I just watched that video. Honestly, how stupid can people be? That isn’t the first video I’ve seen of that happening. Can’t Estes Park do anything? Maybe forbid people from getting out of their cars during rutting? People forget that while elk, moose, even deer are beautiful, the bulls can be aggressive when provoked. Sigh... there is a line from Big Bang Theory that is on a t shirt I have. “I cry because others are stupid and it makes me sad. “


Sent from my iPhone using Tapatalk


----------



## Poodlebeguiled (May 27, 2013)

The does can also be aggressive when they have babies. I had one stalk me on a hike once. Scary.

That is just gorgeous where you live Jojo. Absolutely beautiful birds. What a pretty view you get of that lake and the sunset! How very peaceful. I love the amazing birds that live near water. One of my favorites is the blue heron. Could there be alligators in that water?

Fabulous photography too! 


Yes, about Estes park...they should indeed keep people from getting out of their cars during the rutting season. It is very stupid.


----------



## jojogal001 (Feb 19, 2019)

One time, in the 28 years I’ve lived here, has there been an alligator in the lake. Pretty much all the drain pipes and canals are blocked off with chain link fencing so they can’t get in here. 

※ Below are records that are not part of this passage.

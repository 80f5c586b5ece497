//! Tests of what a chart draws, and of its text. They stand in a crate of their own, so that what
//! they test is proved once.
#![tactic(auto)]

#[cfg(test)]
mod drawn;
#[cfg(test)]
mod traces;
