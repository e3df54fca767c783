//! Giving way: who comes while others are at it lets them go on for a while before it draws a ticket.
ghost use Rattle.std.specs.Prelude.{◌≡◌};

use crate::rule::Top;
use crate::words::{SERVING, TICKET};
use histories::machine::Core;
use std::sync::Wait;
use std::thread::Parker;
use std::time::Duration;

/// How long a worker naps, in microseconds, one nap after another: together some six thousandths of a second.
const NAPS: [u64; 6] = [100, 200, 400, 800, 1600, 3200];

/// Returns when at most one ticket is out, or after the naps. So where many workers make one call after another, two are at it at a time: while one is in its
/// turn, the other makes its next call and then looks for its turn, and the rest sleeps. Each worker draws its ticket in the end.
pub(crate) fn give_way<C: Core, R: Wait>(rt: &R, top: &Top<C>)
    requires table { top.now.table_id.words ≡ 528 }
{
    for nap in &NAPS {
        let out = top.peek(TICKET).wrapping_sub(top.peek(SERVING));
        if out <= 1 {
            return;
        }
        Parker::new().park_timeout(rt, Duration::from_micros(*nap));
    }
}
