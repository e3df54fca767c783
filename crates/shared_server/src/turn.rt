//! The steps of a call: a ticket, the wait for the turn, the core's step, and the hand-on.
ghost use Rattle.std.specs.Prelude.{◌≡◌, ◌≢◌, ℕ, ◌+◌, ◌*◌, ◌<◌, ◌≤◌, ◌^◌, true, false, List, [], ◌∷◌, ◌++◌, length, Some, IfOk, OnErr, IsOk};
ghost use Rattle.histories.specs.History.{last_moment};
ghost use Rattle.histories.specs.Steps.{Answers, Lapses};
ghost use Rattle.shared_server.specs.Rule.{drawn, on, HasTurn};
ghost use Rattle.shared_server.specs.Seats.{IsTable, IsSame, CanDraw, CanLook, CanHand, Added, AddedReply};

use crate::giving_way::give_way;
use crate::rule::{Draw, EntryOf, Hand, Look, Mark, SeatOf, Told, Top};
use crate::words::{SERVING, TICKET, word_of};
use bytes_and_lists::memory::Mem;
use histories::machine::{Core, Machine};
use random_words::RandomWords;
use std::marker::Brand;
use std::sync::Wait;

/// How often a worker looks before it sleeps, which takes some twenty microseconds, longer than most steps of a core. It looks again at once, without the hint
/// for such loops, which would take as long as thirty looks: its turn then begins as soon as the one before it ends.
const LOOKS: u32 = 16_000;

/// How many turns before its own a worker is woken, so that it looks already when its turn comes.
const AHEAD: u64 = 1;

// Draws a ticket.
fn take_ticket<C: Core>(top: &Top<C>, seat: &mut SeatOf<C>) -> u64
    requires table { IsTable top.now.table_id seat.old.table_id }
    requires may { CanDraw seat.old.me }
    ensures seat { IsSame seat.old seat.new }
    ensures drawn { seat.new.me ≡ (drawn seat.old.me.0 result, seat.old.me.1) }
{
    top.fetch_add::<Draw>(seat, TICKET, 1)
}

// Waits until the ticket is served, and takes the slot with the core.
fn wait_for_turn<C: Core, R: Wait>(rt: &R, top: &Top<C>, seat: &mut SeatOf<C>, ticket: u64)
    requires table { IsTable top.now.table_id seat.old.table_id }
    requires may { CanLook seat.old.me × (ticket ≡ seat.old.me.0.ticket) }
    ensures seat { IsSame seat.old seat.new }
    ensures turn { HasTurn (λ b. C.stands b.value) (λ b. C.rules b.value) seat.old.me seat.new.me }
{
    let mut looks = 0;
    for _ in rt.forever() {
        let serving = top.load::<Look<C>>(seat, SERVING);
        if serving == ticket {
            return;
        }
        if looks < LOOKS && ticket.wrapping_sub(serving) <= AHEAD {
            looks += 1;
        } else {
            sleep(rt, top, seat, ticket);
            looks = 0;
        }
    }
    unreachable!()
}

// Writes whether somebody sleeps on a word, and answers what stood there.
fn mark<C: Core>(top: &Top<C>, seat: &mut SeatOf<C>, word: usize, sleeps: u64) -> u64
    requires table { IsTable top.now.table_id seat.old.table_id }
    requires word { (8 < word) × (word < 528) }
    ensures seat { IsSame seat.old seat.new }
    ensures stays { seat.new.me ≡ seat.old.me }
{
    top.swap::<Mark>(seat, word, sleeps)
}

// Sleeps until the ticket is served, or for no reason. Who serves it between the mark and the sleep takes the mark away first.
fn sleep<C: Core, R: Wait>(rt: &R, top: &Top<C>, seat: &mut SeatOf<C>, ticket: u64)
    requires table { IsTable top.now.table_id seat.old.table_id }
    ensures seat { IsSame seat.old seat.new }
    ensures stays { seat.new.me ≡ seat.old.me }
{
    let word = word_of(ticket);
    mark(top, seat, word, 1);
    if top.peek(SERVING) != ticket {
        top.park(rt, word, 1);
    }
}

// Wakes who has a ticket, where it sleeps.
fn wake<C: Core>(top: &Top<C>, seat: &mut SeatOf<C>, ticket: u64)
    requires table { IsTable top.now.table_id seat.old.table_id }
    ensures seat { IsSame seat.old seat.new }
    ensures stays { seat.new.me ≡ seat.old.me }
{
    let word = word_of(ticket);
    if mark(top, seat, word, 0) == 1 {
        top.wake_one(word);
    }
}

// Wakes who has the next ticket, and who is now near its turn. Who draws the next ticket later finds it served.
fn wake_next<C: Core>(top: &Top<C>, seat: &mut SeatOf<C>, ticket: u64)
    requires table { IsTable top.now.table_id seat.old.table_id }
    ensures seat { IsSame seat.old seat.new }
    ensures stays { seat.new.me ≡ seat.old.me }
{
    let out = top.peek(TICKET).wrapping_sub(ticket);
    if 1 < out {
        wake(top, seat, ticket.wrapping_add(1));
    }
    if 1 + AHEAD < out {
        wake(top, seat, ticket.wrapping_add(1 + AHEAD));
    }
}

// Gives the slot back and serves the next ticket. The arguments behind `seat` say which entry the history gets. They are for the proof alone.
fn hand_on<C: Core, W: Told<EntryOf<C>>>(
    top: &Top<C>,
    seat: &mut SeatOf<C>,
    _moment: u64,
    _draw: &RandomWords,
    _call: &<C::M as Machine>::Call,
    _reply: &Result<<C::M as Machine>::Reply, Mem>,
)
    requires table { IsTable top.now.table_id seat.old.table_id }
    requires may { CanHand (λ b. C.stands b.value) (λ b. C.rules b.value) (C.rules top.now.key.core.value) W.entry seat.old.me }
    ensures seat { IsSame seat.old seat.new }
    ensures on { (e : _) → W.entry ≡ Some e → seat.new.me ≡ (on seat.old.me.0 e, []) }
{
    top.fetch_add::<Hand<W>>(seat, SERVING, 1);
}

// The core makes its step where it lies.
fn make_step<C: Core>(
    core: &mut Box<C>,
    moment: u64,
    draw: &RandomWords,
    call: &<C::M as Machine>::Call,
) -> Result<<C::M as Machine>::Reply, Mem>
    requires fits { C.M.law.fits call.now }
    requires no_lapse { call.now ≢ C.M.law.lapse }
    requires in_time { moment ≤ last_moment }
    requires short { (h : _) × C.stands core.old.value h × (length h < 2 ^ 58) }
    ensures rules { C.rules core.new.value ≡ C.rules core.old.value }
    ensures ok { IfOk result (λ reply. (h : _) → C.stands core.old.value h
        → Answers C.M.law (C.rules core.old.value) h moment draw.now call.now reply (C.stands core.new.value)) }
    ensures err { OnErr result ((h : _) → C.stands core.old.value h
        → Lapses C.M.law (C.rules core.old.value) h moment draw.now (C.stands core.new.value)) }
    ensures frugal { C.frugal call.now → IsOk result }
{
    core.as_mut().step(moment, draw, call)
}

/// Makes one call in its turn: between taking the core out of the slot and putting it back there is the core's step, and nothing else.
pub(crate) fn call_once<C: Core, R: Wait>(
    rt: &R,
    top: &Top<C>,
    seat: &mut SeatOf<C>,
    moment: u64,
    draw: &RandomWords,
    call: &<C::M as Machine>::Call,
) -> Result<<C::M as Machine>::Reply, Mem>
    requires table { IsTable top.now.table_id seat.old.table_id }
    requires may { CanDraw seat.old.me × (seat.old.me.1 ≡ []) × (seat.old.me.0.own ≡ []) × (seat.old.me.0.rules ≡ Some (C.rules top.now.key.core.value)) }
    requires fits { C.M.law.fits call.now }
    requires no_lapse { call.now ≢ C.M.law.lapse }
    requires in_time { moment ≤ last_moment }
    ensures seat { IsSame seat.old seat.new }
    ensures ok { IfOk result (λ reply. AddedReply C.M.law (C.rules top.now.key.core.value) moment draw.now call.now reply seat.old.me seat.new.me) }
    ensures err { OnErr result (Added C.M.law (C.rules top.now.key.core.value) moment draw.now C.M.law.lapse seat.old.me seat.new.me) }
    ensures frugal { C.frugal call.now → IsOk result }
{
    give_way(rt, top);
    let ticket = take_ticket(top, seat);
    wait_for_turn(rt, top, seat, ticket);
    let held = top.exchange(seat, 0, None);
    let Some(mut core) = held else { unreachable!() };
    let reply = make_step(&mut core, moment, draw, call);
    let left = top.exchange(seat, 0, Some(core));
    let None = left else { unreachable!() };
    hand_on::<C, Brand>(top, seat, moment, draw, call, &reply);
    wake_next(top, seat, ticket);
    reply
}
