//! The words of the table. Eight of them fill a line of a processor's cache, and each one that is written has a line of its own: who looks at one word
//! doesn't take the line of another from who writes that.
ghost use Rattle.std.specs.Prelude.{◌<◌};

/// The next ticket to be drawn.
pub(crate) const TICKET: usize = 0;

/// The ticket that has its turn.
pub(crate) const SERVING: usize = 8;

/// The first of 64 words for sleeping.
const SLEEPING: usize = 16;

/// How many words there are.
pub(crate) const WORDS: usize = 528;

/// The word that who has the ticket sleeps on. No two of the tickets that are out have one word, since at most 64 are out.
pub(crate) fn word_of(ticket: u64) -> usize
    ensures behind { 8 < result }
    ensures within { result < 528 }
{
    SLEEPING + 8 * (ticket % 64) as usize
}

But what was scary for me, was years and years ago, when I had my border collie, I used to throw the ball in the water for her. She loved it. I was playing with her just after dark, and a car pulled up behind me. Sure enough, out in the water, about 40 feet in front of us, I saw the red eyes of an alligator! 

Well I freaked, and TG P.J. Listened so well. She came right with me when I called her and went home. A few days later they removed the gator and took him somewhere else. Last time she played in the water after dark. 


Sent from my iPhone using Tapatalk


----------



## Poodlebeguiled (May 27, 2013)

Can't the alligators get places by walking? I mean...if they block off the water entries with screen, that is good. But what about the wandering gators? It's great that it's not common. But boy, that would scare me if my dog were one of the rare victims. Yikes!:afraid: I've lived and still do with various wild animals but somehow gators really freak me out.


----------



## jojogal001 (Feb 19, 2019)

Yes, they can get places by walking. But the other lake near me also have all their waterways blocked, and, will also have any gators removed. One walking far enough to get to us would be spotted and removed. Thank goodness! 


Sent from my iPhone using Tapatalk


----------



## Poodlebeguiled (May 27, 2013)

Oh, I get it. So they are usually spotted if wandering along. Good. Whew!


----------